* Collected data:
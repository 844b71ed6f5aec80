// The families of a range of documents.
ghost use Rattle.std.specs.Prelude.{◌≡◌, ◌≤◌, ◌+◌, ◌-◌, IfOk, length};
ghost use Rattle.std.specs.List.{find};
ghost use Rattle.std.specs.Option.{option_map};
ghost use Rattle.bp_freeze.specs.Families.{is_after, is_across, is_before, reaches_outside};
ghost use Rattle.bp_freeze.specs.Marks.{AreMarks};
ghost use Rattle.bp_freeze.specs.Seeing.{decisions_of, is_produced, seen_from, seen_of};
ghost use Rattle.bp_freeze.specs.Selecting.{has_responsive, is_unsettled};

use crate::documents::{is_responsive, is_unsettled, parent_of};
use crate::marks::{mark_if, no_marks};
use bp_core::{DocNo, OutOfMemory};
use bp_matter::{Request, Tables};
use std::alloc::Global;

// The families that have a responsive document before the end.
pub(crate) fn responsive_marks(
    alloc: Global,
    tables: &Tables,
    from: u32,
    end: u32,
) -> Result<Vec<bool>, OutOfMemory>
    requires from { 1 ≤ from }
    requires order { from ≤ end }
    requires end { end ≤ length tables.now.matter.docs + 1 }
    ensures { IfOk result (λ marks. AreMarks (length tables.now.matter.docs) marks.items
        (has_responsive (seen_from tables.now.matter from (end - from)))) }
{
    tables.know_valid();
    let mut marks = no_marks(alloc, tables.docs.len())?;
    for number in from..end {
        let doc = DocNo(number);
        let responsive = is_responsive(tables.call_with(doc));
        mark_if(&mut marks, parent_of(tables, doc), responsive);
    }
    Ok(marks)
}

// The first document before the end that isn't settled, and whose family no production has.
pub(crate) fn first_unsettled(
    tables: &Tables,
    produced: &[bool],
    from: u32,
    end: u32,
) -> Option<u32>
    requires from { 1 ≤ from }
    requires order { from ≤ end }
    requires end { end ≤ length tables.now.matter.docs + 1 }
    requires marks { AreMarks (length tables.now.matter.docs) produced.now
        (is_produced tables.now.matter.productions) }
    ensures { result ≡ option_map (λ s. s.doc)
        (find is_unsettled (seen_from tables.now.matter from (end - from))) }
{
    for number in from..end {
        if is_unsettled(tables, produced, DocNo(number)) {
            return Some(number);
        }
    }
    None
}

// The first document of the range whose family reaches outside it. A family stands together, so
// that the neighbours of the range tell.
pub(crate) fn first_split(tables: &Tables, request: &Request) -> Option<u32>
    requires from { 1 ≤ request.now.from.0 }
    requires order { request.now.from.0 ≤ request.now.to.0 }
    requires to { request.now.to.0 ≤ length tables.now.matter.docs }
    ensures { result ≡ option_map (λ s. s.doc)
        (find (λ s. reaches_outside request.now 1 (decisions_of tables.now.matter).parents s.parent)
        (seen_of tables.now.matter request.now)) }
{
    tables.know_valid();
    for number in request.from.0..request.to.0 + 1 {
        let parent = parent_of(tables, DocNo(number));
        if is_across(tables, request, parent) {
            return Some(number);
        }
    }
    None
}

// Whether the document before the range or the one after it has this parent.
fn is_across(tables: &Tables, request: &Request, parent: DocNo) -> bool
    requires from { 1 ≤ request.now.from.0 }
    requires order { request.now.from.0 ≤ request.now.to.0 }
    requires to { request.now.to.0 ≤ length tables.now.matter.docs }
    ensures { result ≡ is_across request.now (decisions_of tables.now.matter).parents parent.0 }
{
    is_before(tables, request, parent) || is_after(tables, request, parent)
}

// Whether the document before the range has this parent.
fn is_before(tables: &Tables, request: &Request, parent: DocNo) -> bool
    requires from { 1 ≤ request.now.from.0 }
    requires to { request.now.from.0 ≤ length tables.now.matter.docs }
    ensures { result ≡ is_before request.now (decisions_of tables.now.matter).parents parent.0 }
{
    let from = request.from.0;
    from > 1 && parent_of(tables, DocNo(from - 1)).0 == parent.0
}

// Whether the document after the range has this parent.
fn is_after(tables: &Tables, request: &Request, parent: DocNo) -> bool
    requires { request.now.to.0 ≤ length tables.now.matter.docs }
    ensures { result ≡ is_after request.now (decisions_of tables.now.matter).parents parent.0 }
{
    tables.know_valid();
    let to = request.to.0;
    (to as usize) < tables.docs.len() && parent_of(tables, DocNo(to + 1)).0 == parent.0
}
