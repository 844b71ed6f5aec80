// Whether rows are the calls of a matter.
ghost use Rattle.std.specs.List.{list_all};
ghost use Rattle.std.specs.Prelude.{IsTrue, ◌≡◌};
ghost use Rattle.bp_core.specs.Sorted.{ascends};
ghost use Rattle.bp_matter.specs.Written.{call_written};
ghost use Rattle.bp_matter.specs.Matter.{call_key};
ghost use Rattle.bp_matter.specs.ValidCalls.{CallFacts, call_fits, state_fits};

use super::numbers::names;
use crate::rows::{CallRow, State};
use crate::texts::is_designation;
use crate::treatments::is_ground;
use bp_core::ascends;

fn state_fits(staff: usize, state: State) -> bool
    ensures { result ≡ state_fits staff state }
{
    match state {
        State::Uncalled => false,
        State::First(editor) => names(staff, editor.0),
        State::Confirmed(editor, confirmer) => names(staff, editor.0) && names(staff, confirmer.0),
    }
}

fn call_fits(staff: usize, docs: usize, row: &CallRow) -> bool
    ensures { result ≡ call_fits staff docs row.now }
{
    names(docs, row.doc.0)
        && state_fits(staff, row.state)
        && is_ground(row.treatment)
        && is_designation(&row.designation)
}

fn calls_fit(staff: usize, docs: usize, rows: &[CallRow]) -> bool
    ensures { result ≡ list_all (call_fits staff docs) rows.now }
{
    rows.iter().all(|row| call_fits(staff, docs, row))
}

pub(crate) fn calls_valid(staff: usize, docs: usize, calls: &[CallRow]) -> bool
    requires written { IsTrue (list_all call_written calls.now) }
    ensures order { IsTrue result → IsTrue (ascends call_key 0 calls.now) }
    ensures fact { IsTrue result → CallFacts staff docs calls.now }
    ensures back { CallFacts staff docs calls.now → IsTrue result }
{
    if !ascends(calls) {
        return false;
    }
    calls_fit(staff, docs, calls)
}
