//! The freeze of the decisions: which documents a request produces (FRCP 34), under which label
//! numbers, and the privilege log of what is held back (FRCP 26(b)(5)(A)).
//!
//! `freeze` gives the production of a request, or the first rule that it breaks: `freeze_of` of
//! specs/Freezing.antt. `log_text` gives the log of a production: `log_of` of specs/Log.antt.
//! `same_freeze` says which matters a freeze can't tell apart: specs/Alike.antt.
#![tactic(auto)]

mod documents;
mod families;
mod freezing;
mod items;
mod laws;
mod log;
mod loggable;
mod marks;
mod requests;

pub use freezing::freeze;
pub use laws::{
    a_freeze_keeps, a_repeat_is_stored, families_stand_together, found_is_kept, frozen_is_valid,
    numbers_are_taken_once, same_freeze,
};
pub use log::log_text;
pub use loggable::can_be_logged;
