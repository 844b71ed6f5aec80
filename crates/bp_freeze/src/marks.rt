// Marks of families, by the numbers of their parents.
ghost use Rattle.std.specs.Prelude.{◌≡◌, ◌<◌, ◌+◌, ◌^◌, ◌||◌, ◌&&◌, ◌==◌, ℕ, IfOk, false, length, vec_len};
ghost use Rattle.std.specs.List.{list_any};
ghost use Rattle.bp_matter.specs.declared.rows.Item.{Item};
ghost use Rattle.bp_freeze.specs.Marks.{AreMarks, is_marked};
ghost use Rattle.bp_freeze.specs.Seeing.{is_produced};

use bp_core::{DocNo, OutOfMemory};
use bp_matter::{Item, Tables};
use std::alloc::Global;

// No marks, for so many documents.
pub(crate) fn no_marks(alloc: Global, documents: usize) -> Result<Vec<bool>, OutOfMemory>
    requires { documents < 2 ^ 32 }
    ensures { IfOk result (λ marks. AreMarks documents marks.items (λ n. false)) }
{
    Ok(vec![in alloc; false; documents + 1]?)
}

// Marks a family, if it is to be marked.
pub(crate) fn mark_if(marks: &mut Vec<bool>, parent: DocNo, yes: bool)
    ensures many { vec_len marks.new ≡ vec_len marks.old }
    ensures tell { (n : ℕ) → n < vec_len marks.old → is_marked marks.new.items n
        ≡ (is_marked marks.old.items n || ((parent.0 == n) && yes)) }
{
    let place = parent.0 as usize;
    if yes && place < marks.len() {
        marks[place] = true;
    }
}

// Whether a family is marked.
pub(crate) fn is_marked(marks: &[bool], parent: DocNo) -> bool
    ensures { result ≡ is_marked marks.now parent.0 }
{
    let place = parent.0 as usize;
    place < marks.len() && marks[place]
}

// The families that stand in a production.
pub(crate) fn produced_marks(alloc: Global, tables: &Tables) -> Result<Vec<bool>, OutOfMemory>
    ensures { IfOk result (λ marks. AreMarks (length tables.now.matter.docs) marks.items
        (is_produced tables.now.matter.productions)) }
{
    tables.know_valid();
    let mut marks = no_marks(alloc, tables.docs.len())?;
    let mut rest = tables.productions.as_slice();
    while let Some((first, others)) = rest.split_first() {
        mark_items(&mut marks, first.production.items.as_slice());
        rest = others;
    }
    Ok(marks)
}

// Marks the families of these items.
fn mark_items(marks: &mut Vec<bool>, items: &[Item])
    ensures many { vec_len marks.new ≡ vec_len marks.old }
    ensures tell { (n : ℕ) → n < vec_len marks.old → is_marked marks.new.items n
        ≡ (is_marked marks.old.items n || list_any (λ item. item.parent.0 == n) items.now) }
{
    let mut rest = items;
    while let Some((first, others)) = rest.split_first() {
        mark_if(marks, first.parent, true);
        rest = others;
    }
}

==

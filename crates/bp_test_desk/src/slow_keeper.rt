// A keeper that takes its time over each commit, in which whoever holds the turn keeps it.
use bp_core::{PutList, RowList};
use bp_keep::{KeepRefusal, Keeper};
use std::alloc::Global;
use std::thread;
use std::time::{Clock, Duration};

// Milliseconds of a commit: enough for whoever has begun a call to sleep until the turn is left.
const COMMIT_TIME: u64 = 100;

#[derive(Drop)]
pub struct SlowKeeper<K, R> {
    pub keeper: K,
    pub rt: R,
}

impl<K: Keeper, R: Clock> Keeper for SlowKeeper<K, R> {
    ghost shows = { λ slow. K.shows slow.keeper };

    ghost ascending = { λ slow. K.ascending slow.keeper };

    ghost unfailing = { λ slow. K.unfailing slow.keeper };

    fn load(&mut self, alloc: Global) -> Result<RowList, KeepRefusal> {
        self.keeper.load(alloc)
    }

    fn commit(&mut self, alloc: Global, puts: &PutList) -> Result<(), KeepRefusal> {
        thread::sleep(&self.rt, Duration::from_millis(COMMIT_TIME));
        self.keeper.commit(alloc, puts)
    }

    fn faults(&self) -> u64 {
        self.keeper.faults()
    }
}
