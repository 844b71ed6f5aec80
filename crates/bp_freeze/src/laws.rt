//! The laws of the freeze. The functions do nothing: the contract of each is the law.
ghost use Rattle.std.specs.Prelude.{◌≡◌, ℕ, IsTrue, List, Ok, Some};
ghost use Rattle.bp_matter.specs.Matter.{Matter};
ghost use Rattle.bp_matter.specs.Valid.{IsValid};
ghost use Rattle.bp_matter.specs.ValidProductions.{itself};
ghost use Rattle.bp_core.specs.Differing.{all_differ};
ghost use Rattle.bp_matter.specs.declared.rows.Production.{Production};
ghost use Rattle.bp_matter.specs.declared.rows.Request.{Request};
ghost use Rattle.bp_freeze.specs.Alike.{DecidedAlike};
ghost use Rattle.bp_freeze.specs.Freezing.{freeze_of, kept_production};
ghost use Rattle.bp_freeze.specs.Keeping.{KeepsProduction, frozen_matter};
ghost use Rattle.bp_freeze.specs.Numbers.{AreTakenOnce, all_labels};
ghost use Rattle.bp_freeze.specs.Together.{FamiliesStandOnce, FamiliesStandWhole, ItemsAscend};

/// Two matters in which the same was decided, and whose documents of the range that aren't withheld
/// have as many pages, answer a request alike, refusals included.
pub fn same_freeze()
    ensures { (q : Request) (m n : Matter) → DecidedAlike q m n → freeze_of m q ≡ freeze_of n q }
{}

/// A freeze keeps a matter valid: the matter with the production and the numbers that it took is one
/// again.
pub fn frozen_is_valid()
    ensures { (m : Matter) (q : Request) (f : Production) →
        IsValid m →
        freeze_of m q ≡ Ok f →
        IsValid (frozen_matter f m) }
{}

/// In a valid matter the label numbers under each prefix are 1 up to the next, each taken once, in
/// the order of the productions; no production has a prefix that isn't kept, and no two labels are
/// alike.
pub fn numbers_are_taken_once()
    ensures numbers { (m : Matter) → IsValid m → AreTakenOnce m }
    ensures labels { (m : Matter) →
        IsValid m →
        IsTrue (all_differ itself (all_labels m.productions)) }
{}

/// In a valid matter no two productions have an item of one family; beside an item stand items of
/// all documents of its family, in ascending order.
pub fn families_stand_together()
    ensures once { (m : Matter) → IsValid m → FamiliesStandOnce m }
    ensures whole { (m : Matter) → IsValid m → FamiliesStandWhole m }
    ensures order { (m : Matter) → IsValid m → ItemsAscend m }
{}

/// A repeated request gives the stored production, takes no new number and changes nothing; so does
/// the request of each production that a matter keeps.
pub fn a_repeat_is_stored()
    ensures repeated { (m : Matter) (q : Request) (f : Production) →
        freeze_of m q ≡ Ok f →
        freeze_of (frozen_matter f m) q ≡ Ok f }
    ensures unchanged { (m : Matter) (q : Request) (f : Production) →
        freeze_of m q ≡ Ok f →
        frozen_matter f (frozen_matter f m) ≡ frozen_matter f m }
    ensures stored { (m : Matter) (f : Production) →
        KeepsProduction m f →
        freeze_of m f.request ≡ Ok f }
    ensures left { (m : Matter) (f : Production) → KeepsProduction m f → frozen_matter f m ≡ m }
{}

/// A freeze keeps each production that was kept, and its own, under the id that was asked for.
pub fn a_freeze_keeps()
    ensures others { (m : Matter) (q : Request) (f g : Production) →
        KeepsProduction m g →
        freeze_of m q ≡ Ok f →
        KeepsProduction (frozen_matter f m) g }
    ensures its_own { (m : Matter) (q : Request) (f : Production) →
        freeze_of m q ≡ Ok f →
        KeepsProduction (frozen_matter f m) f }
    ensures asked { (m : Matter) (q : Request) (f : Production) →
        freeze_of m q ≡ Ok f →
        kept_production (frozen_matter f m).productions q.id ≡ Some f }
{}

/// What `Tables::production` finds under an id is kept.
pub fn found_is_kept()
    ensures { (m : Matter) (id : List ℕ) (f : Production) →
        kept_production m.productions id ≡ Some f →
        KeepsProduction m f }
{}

* * *

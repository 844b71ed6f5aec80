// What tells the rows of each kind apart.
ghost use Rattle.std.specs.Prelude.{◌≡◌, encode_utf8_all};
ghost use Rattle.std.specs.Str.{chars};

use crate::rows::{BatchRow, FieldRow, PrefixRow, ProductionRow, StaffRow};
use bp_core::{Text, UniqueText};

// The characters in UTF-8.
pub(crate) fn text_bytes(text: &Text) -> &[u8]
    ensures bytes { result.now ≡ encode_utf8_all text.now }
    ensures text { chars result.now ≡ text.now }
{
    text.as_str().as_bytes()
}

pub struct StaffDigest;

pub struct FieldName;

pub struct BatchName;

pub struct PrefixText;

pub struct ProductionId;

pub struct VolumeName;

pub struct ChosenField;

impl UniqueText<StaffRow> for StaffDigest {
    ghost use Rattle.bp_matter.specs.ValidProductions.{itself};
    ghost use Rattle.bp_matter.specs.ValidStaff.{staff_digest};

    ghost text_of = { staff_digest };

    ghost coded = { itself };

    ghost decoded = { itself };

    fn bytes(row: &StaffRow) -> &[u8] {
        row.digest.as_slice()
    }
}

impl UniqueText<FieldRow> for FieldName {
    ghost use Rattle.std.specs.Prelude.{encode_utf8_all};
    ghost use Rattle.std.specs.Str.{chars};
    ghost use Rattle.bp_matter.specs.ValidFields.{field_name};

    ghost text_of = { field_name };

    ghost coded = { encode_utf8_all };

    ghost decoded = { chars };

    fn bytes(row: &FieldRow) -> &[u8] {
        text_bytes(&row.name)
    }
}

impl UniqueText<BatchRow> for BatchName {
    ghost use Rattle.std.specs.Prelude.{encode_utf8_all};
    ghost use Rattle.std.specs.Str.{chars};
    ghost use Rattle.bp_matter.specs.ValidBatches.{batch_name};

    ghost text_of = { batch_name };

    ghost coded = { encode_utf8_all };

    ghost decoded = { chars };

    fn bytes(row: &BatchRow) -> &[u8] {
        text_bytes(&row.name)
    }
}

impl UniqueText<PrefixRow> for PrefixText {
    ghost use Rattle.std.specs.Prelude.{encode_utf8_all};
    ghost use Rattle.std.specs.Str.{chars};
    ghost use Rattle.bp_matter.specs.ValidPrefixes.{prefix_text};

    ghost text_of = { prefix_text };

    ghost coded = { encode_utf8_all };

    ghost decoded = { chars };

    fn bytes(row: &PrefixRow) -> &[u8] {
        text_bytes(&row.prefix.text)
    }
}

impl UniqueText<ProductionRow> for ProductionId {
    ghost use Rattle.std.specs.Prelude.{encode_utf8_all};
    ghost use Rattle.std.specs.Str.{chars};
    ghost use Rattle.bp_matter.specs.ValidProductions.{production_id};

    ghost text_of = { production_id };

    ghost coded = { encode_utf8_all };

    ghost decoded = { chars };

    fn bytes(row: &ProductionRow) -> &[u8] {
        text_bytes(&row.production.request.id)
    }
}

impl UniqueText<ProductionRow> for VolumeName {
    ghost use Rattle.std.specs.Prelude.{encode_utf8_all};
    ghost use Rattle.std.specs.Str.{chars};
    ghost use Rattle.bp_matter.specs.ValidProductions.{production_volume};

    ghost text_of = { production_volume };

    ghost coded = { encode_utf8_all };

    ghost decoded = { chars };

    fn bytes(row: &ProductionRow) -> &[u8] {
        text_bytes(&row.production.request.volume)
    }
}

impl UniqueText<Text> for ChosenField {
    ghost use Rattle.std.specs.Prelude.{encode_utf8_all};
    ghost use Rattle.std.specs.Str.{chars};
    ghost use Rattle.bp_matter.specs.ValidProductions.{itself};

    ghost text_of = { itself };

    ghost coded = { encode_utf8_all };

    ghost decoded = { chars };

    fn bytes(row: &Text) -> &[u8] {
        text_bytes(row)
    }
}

* YOUR ASSIGNMENT:
The number alone, please: how many lines in the data contain the string "thread"?

* RESPONSE TO THIS EXERCISE:
2